I’ve taken a break from the blog for too long! Time to update some on current work. We’re doing a final push on the video.js-based frontend media player for MediaWiki’s TimedMediaHandler, with some new user interface bits, better mobile support, and laying the foundation for smoother streaming in the future.
Among other things, I’m doing some cleanup on the AudioFeeder component in the ogv.js codec shim, which is still used in Safari on iOS devices and older Macs.
This abstracts a digital sound output channel with an append-only buffer, which can be stopped/started, the volume changed, and the current playback position queried.
When I was starting on this work in 2014 or so, Internet Explorer 11 was supported so I needed a Flash backend for IE, and a Web Audio backend for Safari… at the time, the only way to create the endless virtual buffer in Web Audio was using a ScriptProcessorNode, which ran its data-manipulation callback on the main thread. This required a fairly large buffer size for each callback to ensure the browser’s audio thread had data available if the main thread was hung up on drawing a video frame or something.
Fast forward to 2022: IE 11 and Flash are EOL and I’ve been able to drop them from our support matrix. Safari and other browsers still support ScriptProcessorNode, but it’s been officially deprecated for a while in favor of AudioWorklets.
I’ve been meaning to look into upgrading with an AudioWorklet backend but hadn’t had need; however I’m seeing some performance problems with the current code on Safari Technology Preview, especially on my slower 2015 MacBook Pro which doesn’t grok VP9 in hardware so needs the shim. :) Figured it’s worth taking a day or two to see if I can avoid a perf regression on old Macs when the next Safari update comes out.

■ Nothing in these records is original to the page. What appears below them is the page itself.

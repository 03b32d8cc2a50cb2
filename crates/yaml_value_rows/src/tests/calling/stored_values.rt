//! Typed values read back, as the documents show it.
use crate::tests::equal;
use std::alloc::Global;
use yaml_read::{Position, ReadError, Value, read_canonical};

/// Returns the integer that these canonical bytes hold; `None` if they hold another value.
fn stored_integer(alloc: Global, bytes: &[u8]) -> Result<Option<i64>, ReadError> {
    match &read_canonical(alloc, bytes)? {
        Value::Int(number) => Ok(Some(*number)),
        _ => Ok(None),
    }
}

/// Bytes, and the integer that they hold.
const STORED: &[(&[u8], Result<Option<i64>, ReadError>)] = &[
    (b"---\n!!int \"7\"\n", Ok(Some(7))),
    (b"---\n!!str \"7\"\n", Ok(None)),
    (
        b"---\n!!int \"07\"\n",
        Err(ReadError::NotCanonical {
            position: Position { line: 2, column: 7 },
        }),
    ),
];

#[test]
fn an_integer_has_one_spelling(rt: HostRuntime) {
    for (bytes, wanted) in STORED {
        equal(&rt, &stored_integer(rt.alloc(), bytes), wanted);
    }
}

So first — what’s a worklet? This is an interface that’s being adopted by a few web bits (I think some CSS animation bits are using these too) to have a fairly structured way of loading little scripts into a dedicated worker thread (the worklet) to do specific things off-main-thread that are performance critical (audio, layout, animation).
An AudioWorkletNode hooks into the Web Audio graph, giving something similar to a ScriptProcessorNode but where the processing callback runs in the worklet, on an AudioWorkletProcessor subclass. The processor object has audio-specific stuff like the media time at the start of the buffer, and is given input/output channels to read/write.

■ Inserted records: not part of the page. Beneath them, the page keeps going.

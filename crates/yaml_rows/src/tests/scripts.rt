//! Scripts read by `yaml_tool`, and the report of each end of a run. (`tests/scripts/rows` has scripts with a bad line.)
use crate::tests::runs::line_of;
use crate::tests::{equal, same};
use std::alloc::Global;
use std::process::Abort;
use yaml_base::{YAML_ANY_BREAK, YAML_ANY_ENCODING, yaml_error_t, yaml_event_t};
use yaml_tool::{Quotes, Script, Settings, read_script, run_answer_t, status};

const SETTINGS: Settings = Settings {
    limit: 1_000_000_000,
    encoding: YAML_ANY_ENCODING,
    canonical: true,
    unicode: false,
    quotes: Quotes::Single,
    indent: None,
    width: Some(-1),
    line_break: YAML_ANY_BREAK,
    line_breaks_1_2: false,
    portable: false,
    indented_sequences: false,
    literal_blanks: false,
};

const UNSET: Settings = Settings {
    canonical: false,
    width: None,
    ..SETTINGS
};

/// The number of a line, and its event as it is printed.
type Printed<'a> = (u64, &'a str);

const UNDERSTOOD: &str =
    "canonical on\nwidth -1\n# all in one\n\n+STR any\n+DOC 1 -\n=VAL any 1 1 - - \"a\"\n-DOC 1\n-STR\n";

const UNDERSTOOD_EVENTS: &[Printed] = &[
    (5, "YAML_STREAM_START_EVENT { encoding: YAML_ANY_ENCODING }"),
    (
        6,
        "YAML_DOCUMENT_START_EVENT { version_directive: None, tag_directives: [], implicit: true }",
    ),
    (
        7,
        "YAML_SCALAR_EVENT { anchor: None, tag: None, value: \"a\", plain_implicit: true, quoted_implicit: true, style: YAML_ANY_SCALAR_STYLE }",
    ),
    (8, "YAML_DOCUMENT_END_EVENT { implicit: true }"),
    (9, "YAML_STREAM_END_EVENT"),
];

const EVERY_PART: &str =
    "+STR utf16be\n+DOC 0 1.02 \"!\" \"!a b\" \"!e!\" \"\"\n+SEQ flow 0 \"x\" \"-\"\n=VAL folded 0 1 \"a\" - \"\\u{1f600}\\n\\\\\\\"\"";

const EVERY_PART_EVENTS: &[Printed] = &[
    (
        1,
        "YAML_STREAM_START_EVENT { encoding: YAML_UTF16BE_ENCODING }",
    ),
    (
        2,
        "YAML_DOCUMENT_START_EVENT { version_directive: Some(yaml_version_directive_t { major: 1, minor: 2 }), \
        tag_directives: [yaml_tag_directive_t { handle: \"!\", prefix: \"!a b\" }, yaml_tag_directive_t { handle: \"!e!\", prefix: \"\" }], \
        implicit: false }",
    ),
    (
        3,
        "YAML_SEQUENCE_START_EVENT { anchor: Some(\"x\"), tag: Some(\"-\"), implicit: false, style: YAML_FLOW_SEQUENCE_STYLE }",
    ),
    (
        4,
        "YAML_SCALAR_EVENT { anchor: Some(\"a\"), tag: None, value: \"\u{1F600}\\n\\\\\\\"\", plain_implicit: false, quoted_implicit: true, \
        style: YAML_FOLDED_SCALAR_STYLE }",
    ),
];

/// Scripts, each with its settings and its events.
const SCRIPTS: &[(&str, Settings, &[Printed])] = &[
    (UNDERSTOOD, SETTINGS, UNDERSTOOD_EVENTS),
    (EVERY_PART, UNSET, EVERY_PART_EVENTS),
];

// The event is printed so.
fn check_event(rt: &impl Abort, alloc: Global, event: &yaml_event_t<Global>, printed: &str) {
    let text = format!(in alloc; "{event:?}").expect(rt, "no memory");
    equal(rt, &text.as_str(), &printed);
}

fn check_events(rt: &impl Abort, alloc: Global, script: &Script<Global>, wanted: &[Printed]) {
    equal(rt, &script.events.len(), &wanted.len());
    for (numbered, (line, printed)) in script.events.iter().zip(wanted) {
        equal(rt, &numbered.line, line);
        check_event(rt, alloc, &numbered.event, printed);
    }
}

#[test]
fn scripts_are_understood(rt: HostRuntime) {
    for (bytes, settings, events) in SCRIPTS {
        let script = read_script(rt.alloc(), bytes.as_bytes()).expect(&rt, "a script");
        equal(&rt, &script.settings, settings);
        check_events(&rt, rt.alloc(), &script, events);
    }
}

/// The end of a run, with its status and its line.
type End<'a> = (run_answer_t, u8, &'a str);

const ENDS: &[End] = &[
    (run_answer_t::Done, 0, ""),
    (
        run_answer_t::Refused(2, yaml_error_t::ExpectedStreamStart),
        1,
        "yamlemit: line 2: expected STREAM-START\n",
    ),
    (
        run_answer_t::Refused(7, yaml_error_t::Memory),
        1,
        "yamlemit: line 7: out of memory\n",
    ),
    (
        run_answer_t::BadLine(1),
        2,
        "yamlemit: line 1: cannot be read\n",
    ),
    (run_answer_t::ReadFailed, 3, "yamlemit: cannot read\n"),
    (run_answer_t::WriteFailed, 3, "yamlemit: cannot write\n"),
    (run_answer_t::NoMemory, 3, "yamlemit: out of memory\n"),
];

#[test]
fn each_answer_has_its_status_and_its_line(rt: HostRuntime) {
    for (answer, number, line) in ENDS {
        equal(&rt, &status(answer), number);
        let written = line_of(&rt, rt.alloc(), answer);
        same(&rt, written.as_slice(), line.as_bytes());
    }
}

For an ever-growing output, we use 0 inputs and 1 output; ideally I can support multichannel audio as well, which I never bothered to do in the old code (for simplicity it downmixed everything to stereo). Because the worklet processors run on a dedicated thread, the data comes in small chunks — by default something like 128 samples — whereas I’d been using like 8192-sample buffers on the main thread! This allows you to have low latency, if you prefer it over a comfy buffer.
Communicating with worker threads traditionally sucks in JavaScript — unless you opt into the new secure stuff for shared memory buffers you have to send asynchronous messages; however those messages can include structured data so it’s easy to send Float32Arrays full of samples around.
The AudioWorkletNode on the main thread gets its own MessagePort, which connects to a fellow MessagePort on the AudioWorkletProcessor in the audio thread, and you can post JS objects back and forth, using the standard “structured clone” algorithm for stripping out local state.
I haven’t quite got it running yet but I think I’m close. ;) On node creation, an initial set of queued buffers are sent in with the setup parameters. When audio starts playing, after the first callback copies out its data it posts some state info back to the main thread, with the audio chunk’s timestamp and the number of samples output so far.
The main thread’s AudioFeeder abstraction can then pair those up to report what timestamp within the data feed is being played now, with compensation for any surprises (like the audio thread missing a callback itself, or a buffer underrun from the main thread causing a delay).
When stopping, instead of just removing the node from the audio graph, I’ve got the main thread sending down a message that notifies the worklet code that it can safely stop, and asking for any remaining data back. This is important if we’ve maintained a healthy buffer of decoded audio; in case we continue playback from the same position, we can pass the buffers back into the new worklet node.
I kinda like the interface now that I’m digging in it. Should work… Either tonight or tomorrow hope to sort that out and get ogv.js updated in-tree again in TMH.